» Exercise instructions: Search the entries for the word "specs" and pull out each line that has it.
=== Begin Enclosure ===
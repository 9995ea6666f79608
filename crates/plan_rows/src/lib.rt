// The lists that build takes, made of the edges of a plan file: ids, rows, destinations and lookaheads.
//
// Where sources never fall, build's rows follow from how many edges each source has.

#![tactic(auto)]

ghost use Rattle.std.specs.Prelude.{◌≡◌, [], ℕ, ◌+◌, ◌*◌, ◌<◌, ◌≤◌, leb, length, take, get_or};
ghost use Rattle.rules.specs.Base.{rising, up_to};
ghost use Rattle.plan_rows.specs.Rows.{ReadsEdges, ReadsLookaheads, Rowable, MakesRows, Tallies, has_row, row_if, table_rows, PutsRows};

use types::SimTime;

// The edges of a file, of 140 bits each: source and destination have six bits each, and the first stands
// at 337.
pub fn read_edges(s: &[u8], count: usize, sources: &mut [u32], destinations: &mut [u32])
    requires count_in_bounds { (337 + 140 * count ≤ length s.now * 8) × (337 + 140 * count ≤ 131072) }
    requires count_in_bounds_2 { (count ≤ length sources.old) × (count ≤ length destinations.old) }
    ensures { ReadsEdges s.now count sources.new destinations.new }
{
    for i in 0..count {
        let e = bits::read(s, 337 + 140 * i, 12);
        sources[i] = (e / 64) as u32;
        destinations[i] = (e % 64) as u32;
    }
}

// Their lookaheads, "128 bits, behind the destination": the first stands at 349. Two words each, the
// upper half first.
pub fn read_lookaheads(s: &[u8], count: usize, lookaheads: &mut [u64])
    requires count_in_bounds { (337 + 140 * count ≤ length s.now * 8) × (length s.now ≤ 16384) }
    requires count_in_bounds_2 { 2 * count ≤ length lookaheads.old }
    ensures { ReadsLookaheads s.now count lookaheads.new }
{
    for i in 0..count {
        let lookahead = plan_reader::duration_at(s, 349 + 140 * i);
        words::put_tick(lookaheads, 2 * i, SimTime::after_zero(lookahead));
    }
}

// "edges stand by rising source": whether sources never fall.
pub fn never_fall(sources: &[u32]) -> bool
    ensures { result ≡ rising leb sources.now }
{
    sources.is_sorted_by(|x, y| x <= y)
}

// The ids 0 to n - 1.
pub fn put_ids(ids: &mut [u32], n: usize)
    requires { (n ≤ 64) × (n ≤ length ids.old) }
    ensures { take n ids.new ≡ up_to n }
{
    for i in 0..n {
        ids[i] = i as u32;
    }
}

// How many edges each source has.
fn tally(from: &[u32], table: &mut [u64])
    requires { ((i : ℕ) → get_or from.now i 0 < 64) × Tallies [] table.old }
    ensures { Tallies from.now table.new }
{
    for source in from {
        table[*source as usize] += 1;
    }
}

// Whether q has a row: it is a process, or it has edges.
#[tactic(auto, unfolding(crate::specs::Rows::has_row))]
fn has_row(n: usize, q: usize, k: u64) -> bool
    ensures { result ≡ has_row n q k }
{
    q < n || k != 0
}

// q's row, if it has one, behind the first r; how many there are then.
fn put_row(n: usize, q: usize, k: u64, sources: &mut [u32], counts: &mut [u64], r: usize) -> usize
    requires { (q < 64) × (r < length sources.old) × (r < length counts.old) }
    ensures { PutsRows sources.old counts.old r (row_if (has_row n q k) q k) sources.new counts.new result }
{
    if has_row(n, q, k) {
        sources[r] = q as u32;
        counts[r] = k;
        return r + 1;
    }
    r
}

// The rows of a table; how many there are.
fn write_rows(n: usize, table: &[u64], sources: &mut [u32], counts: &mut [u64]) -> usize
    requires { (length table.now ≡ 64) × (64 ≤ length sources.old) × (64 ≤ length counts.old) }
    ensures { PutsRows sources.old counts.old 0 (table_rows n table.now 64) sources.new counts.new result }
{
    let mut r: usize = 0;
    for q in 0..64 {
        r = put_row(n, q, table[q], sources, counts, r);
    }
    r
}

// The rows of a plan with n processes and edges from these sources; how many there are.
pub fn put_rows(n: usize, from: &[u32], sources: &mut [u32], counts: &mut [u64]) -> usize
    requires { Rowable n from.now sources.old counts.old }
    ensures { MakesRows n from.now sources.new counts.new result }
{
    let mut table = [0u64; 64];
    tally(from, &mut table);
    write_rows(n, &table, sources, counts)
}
=== End Enclosure ===
=== Begin Enclosure ===
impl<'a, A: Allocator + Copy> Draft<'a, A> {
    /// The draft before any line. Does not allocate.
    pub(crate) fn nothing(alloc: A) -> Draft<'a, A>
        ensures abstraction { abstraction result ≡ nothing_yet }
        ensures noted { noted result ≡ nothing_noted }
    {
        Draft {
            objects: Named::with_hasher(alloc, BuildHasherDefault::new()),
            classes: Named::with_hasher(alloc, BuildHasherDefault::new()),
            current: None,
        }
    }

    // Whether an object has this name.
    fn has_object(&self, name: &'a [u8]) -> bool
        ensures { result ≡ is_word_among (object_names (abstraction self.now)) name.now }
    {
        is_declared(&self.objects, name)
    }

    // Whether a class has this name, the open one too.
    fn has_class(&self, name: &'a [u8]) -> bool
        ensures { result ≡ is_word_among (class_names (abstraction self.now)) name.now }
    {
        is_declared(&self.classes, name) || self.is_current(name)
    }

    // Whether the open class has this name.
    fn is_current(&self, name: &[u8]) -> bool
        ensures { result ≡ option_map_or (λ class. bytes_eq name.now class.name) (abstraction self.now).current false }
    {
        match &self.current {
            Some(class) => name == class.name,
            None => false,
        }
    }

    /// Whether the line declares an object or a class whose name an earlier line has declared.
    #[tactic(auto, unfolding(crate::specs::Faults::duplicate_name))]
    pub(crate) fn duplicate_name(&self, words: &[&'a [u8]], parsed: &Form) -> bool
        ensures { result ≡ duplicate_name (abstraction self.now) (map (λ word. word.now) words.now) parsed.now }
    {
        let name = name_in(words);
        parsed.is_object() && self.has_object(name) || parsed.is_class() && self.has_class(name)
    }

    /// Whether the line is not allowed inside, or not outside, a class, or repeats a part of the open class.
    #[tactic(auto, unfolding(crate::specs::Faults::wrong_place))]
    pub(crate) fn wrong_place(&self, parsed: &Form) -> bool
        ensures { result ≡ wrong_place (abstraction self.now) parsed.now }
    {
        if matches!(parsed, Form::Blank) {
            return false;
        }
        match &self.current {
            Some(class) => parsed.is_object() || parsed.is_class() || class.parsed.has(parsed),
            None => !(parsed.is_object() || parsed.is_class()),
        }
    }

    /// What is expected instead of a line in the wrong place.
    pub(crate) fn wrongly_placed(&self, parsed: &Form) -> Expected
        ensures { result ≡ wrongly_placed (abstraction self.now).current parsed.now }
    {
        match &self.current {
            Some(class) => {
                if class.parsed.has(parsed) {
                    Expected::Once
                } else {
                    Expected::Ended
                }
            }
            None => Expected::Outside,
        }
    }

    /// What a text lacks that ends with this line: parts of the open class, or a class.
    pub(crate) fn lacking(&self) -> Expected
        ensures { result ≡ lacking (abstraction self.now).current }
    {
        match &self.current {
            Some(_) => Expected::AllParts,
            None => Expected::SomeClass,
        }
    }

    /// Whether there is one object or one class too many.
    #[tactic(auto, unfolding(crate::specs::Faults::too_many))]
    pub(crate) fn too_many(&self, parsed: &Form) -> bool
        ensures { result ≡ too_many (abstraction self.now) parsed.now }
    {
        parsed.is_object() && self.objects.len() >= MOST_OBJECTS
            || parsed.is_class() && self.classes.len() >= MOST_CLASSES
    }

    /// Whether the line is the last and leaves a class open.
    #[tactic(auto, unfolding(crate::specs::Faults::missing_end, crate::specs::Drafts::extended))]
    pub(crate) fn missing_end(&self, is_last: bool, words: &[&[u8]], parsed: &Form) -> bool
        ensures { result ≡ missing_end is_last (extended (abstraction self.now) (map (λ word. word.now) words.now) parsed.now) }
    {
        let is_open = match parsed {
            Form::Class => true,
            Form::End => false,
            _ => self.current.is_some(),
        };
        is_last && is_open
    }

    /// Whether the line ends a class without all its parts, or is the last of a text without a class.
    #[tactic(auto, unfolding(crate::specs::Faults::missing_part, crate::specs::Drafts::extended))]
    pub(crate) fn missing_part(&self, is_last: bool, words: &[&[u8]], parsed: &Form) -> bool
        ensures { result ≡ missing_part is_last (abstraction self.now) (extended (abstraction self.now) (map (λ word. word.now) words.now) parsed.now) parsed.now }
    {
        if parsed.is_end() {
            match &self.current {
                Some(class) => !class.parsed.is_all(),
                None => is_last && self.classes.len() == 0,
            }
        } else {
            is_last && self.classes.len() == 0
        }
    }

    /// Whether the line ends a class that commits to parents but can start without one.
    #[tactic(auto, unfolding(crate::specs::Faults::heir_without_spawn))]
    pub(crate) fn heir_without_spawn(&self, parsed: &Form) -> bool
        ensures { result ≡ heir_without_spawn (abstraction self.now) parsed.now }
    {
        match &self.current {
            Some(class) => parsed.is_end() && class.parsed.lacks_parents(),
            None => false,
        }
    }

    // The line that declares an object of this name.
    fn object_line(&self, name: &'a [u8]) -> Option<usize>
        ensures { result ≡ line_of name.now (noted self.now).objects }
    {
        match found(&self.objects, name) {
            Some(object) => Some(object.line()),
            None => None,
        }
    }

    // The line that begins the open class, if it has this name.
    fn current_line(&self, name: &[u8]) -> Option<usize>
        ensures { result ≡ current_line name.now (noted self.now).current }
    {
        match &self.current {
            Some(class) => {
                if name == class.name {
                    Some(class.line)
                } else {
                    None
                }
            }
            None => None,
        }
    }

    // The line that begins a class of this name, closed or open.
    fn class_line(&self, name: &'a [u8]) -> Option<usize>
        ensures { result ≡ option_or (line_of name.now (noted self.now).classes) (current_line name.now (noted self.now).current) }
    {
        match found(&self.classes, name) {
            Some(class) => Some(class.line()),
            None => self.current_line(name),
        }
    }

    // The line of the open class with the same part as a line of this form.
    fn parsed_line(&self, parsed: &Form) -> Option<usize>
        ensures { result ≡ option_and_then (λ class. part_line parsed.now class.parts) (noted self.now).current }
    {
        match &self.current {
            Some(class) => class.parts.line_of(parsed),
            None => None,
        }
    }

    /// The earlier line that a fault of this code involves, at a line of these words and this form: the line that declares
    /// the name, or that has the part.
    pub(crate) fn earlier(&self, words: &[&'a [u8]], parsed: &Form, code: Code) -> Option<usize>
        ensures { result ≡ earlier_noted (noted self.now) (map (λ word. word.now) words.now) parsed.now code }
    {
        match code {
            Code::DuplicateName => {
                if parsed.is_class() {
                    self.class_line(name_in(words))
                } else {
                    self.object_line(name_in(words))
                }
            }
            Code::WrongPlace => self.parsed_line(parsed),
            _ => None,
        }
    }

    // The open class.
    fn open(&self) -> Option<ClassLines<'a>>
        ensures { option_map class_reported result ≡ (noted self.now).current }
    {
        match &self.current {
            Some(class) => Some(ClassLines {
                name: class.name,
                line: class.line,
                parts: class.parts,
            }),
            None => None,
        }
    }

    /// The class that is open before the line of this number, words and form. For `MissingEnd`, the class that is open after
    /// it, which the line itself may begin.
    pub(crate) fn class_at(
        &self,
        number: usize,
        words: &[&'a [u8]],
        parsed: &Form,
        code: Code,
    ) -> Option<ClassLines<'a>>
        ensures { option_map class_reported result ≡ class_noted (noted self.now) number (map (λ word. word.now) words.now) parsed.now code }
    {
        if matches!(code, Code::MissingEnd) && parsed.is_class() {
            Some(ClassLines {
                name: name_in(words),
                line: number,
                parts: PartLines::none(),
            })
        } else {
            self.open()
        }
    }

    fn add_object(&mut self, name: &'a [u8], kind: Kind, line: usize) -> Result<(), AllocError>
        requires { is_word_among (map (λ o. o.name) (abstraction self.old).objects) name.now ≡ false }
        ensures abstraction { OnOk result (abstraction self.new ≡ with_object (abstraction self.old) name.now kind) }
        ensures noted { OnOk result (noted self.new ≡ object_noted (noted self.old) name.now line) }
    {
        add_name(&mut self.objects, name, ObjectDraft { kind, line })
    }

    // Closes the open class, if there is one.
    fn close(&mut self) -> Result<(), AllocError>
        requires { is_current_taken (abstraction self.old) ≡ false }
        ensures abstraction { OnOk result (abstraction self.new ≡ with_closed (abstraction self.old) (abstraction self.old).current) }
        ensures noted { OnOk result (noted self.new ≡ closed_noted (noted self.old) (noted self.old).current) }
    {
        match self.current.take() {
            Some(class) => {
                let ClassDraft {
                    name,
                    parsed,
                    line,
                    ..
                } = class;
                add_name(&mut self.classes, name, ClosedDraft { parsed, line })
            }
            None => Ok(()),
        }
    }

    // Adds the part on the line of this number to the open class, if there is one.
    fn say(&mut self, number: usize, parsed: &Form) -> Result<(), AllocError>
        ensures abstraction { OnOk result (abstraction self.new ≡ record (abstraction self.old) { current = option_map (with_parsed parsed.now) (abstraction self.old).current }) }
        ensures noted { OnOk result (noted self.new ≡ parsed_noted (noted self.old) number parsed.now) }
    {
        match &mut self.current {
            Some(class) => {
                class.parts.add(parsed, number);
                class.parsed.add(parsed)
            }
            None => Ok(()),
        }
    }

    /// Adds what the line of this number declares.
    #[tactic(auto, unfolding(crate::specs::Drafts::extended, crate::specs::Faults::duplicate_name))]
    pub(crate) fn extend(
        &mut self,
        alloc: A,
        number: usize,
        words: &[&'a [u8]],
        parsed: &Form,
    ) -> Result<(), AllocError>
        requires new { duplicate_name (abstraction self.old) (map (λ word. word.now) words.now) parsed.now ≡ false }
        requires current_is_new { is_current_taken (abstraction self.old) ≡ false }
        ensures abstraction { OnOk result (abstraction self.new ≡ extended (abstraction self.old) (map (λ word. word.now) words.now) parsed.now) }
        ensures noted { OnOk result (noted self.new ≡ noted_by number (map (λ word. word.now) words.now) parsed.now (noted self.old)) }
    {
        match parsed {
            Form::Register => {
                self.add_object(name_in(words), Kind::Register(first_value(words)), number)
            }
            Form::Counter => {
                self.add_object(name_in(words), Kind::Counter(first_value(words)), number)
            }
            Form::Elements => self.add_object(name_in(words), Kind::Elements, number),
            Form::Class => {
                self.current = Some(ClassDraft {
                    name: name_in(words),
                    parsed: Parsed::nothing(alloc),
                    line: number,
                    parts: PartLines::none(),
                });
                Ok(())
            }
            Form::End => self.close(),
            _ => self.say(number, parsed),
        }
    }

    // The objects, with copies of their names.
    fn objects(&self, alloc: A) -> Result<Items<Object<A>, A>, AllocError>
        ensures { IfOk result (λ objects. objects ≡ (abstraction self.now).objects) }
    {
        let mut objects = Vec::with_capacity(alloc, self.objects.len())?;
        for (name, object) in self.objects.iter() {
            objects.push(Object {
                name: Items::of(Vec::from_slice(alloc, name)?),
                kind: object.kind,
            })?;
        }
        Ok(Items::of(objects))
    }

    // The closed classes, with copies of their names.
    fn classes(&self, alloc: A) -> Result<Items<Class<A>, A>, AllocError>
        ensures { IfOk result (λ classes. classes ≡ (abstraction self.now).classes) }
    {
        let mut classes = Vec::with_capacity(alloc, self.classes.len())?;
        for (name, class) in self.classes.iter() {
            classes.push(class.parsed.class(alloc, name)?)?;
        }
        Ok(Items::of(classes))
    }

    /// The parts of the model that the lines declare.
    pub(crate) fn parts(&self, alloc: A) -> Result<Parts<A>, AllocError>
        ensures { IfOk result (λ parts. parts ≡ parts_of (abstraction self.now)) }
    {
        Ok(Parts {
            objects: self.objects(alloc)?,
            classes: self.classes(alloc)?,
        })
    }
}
=== End Enclosure ===
» Completed task:
ghost use Rattle.std.specs.Prelude.{◌≡◌, [], ℕ, ◌+◌, ◌*◌, ◌<◌, ◌≤◌, leb, length, take, get_or};
ghost use Rattle.rules.specs.Base.{rising, up_to};
ghost use Rattle.plan_rows.specs.Rows.{ReadsEdges, ReadsLookaheads, Rowable, MakesRows, Tallies, has_row, row_if, table_rows, PutsRows};
#[tactic(auto, unfolding(crate::specs::Rows::has_row))]
    #[tactic(auto, unfolding(crate::specs::Faults::duplicate_name))]
    #[tactic(auto, unfolding(crate::specs::Faults::wrong_place))]
    #[tactic(auto, unfolding(crate::specs::Faults::too_many))]
    #[tactic(auto, unfolding(crate::specs::Faults::missing_end, crate::specs::Drafts::extended))]
    #[tactic(auto, unfolding(crate::specs::Faults::missing_part, crate::specs::Drafts::extended))]
    #[tactic(auto, unfolding(crate::specs::Faults::heir_without_spawn))]
    #[tactic(auto, unfolding(crate::specs::Drafts::extended, crate::specs::Faults::duplicate_name))]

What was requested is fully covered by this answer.